═══ Records provided
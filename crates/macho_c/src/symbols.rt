//! The symbols of an image, and their names.

ghost use Rattle.macho_rows.specs.Cursor.{start, IsBatch};
ghost use Rattle.macho_rows.specs.Image.{image_in, ShowsUnbroken};
ghost use Rattle.macho_rows.specs.Symbols.{symbols_left, HasAllSymbols};
ghost use Rattle.macho_rows.specs.Symbols.{name_span, NamesSymbols, AreNames, NamesEach};
ghost use Rattle.macho_rows.specs.Spans.{span_at};
ghost use Rattle.macho_c.specs.Status.{Answers, Tells};

use crate::status::answer;
use macho_rows::cursor::KesvuotCursor;
use macho_rows::image::KesvuotImage;
use macho_rows::span::{KesvuotSpan, NO_SPAN};
use macho_rows::symbols::{KesvuotSymbol, SymbolTable, name_span, strings, write_names};
use macho_rows::table::fill;

/// Writes the symbols from the cursor on to the rows of the table, until either runs out, moves the
/// cursor past them, and returns how many it wrote. Later rows are unchanged. It does not scan the
/// symbols before them.
#[unsafe(no_mangle)]
pub extern "C" fn kesvuot_read_symbols(
    file: &[u8],
    image: &KesvuotImage,
    cursor: &mut KesvuotCursor,
    rows: &mut [KesvuotSymbol],
) -> usize
    ensures rows { IsBatch (symbols_left (image_in file.now image.now) image.now) cursor.old cursor.new
        result rows.old rows.new }
    ensures all { ShowsUnbroken file.now image.now
        → HasAllSymbols (image_in file.now image.now)
        (symbols_left (image_in file.now image.now) image.now start) }
{
    fill(&SymbolTable::of(file, image), cursor, rows)
}

/// Writes where the name at `strx` in the strings lies in the file. The status is `OK`, or `NONE` where
/// `strx` is 0, and where no zero byte of the strings ends a name there.
#[unsafe(no_mangle)]
pub extern "C" fn kesvuot_symbol_name(
    file: &[u8],
    image: &KesvuotImage,
    strx: u32,
    name: &mut KesvuotSpan,
) -> u32
    ensures name { Answers (span_at 0 0) result name.new (name_span (image_in file.now image.now) image.now strx) }
    ensures all { ShowsUnbroken file.now image.now
        → Tells (NamesSymbols (image_in file.now image.now) image.now.slice.offset strx)
        (Answers (span_at 0 0) result name.new) }
{
    let held = image.held(file);
    let strings = strings(held.bytes, image);
    answer(name_span(&held, image, strings, strx), NO_SPAN, name)
}

/// Writes where the names of symbols lie in the file, as `kesvuot_symbol_name` does for each, until
/// either table runs out, and returns how many it wrote. Later names are unchanged.
#[unsafe(no_mangle)]
pub extern "C" fn kesvuot_read_names(
    file: &[u8],
    image: &KesvuotImage,
    symbols: &[KesvuotSymbol],
    names: &mut [KesvuotSpan],
) -> usize
    ensures names { AreNames (image_in file.now image.now) image.now symbols.now result names.old names.new }
    ensures all { ShowsUnbroken file.now image.now
        → NamesEach (image_in file.now image.now) image.now.slice.offset symbols.now result names.new }
{
    let held = image.held(file);
    let strings = strings(held.bytes, image);
    write_names(&held, image, strings, symbols, names)
}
══════
Only the lines from the one containing "names are unchanged." through the final line above should be duplicated, exactly as they stand.

/// either table runs out, and returns how many it wrote. Later names are unchanged.
#[unsafe(no_mangle)]
pub extern "C" fn kesvuot_read_names(
    file: &[u8],
    image: &KesvuotImage,
    symbols: &[KesvuotSymbol],
    names: &mut [KesvuotSpan],
) -> usize
    ensures names { AreNames (image_in file.now image.now) image.now symbols.now result names.old names.new }
    ensures all { ShowsUnbroken file.now image.now
        → NamesEach (image_in file.now image.now) image.now.slice.offset symbols.now result names.new }
{
    let held = image.held(file);
    let strings = strings(held.bytes, image);
    write_names(&held, image, strings, symbols, names)
}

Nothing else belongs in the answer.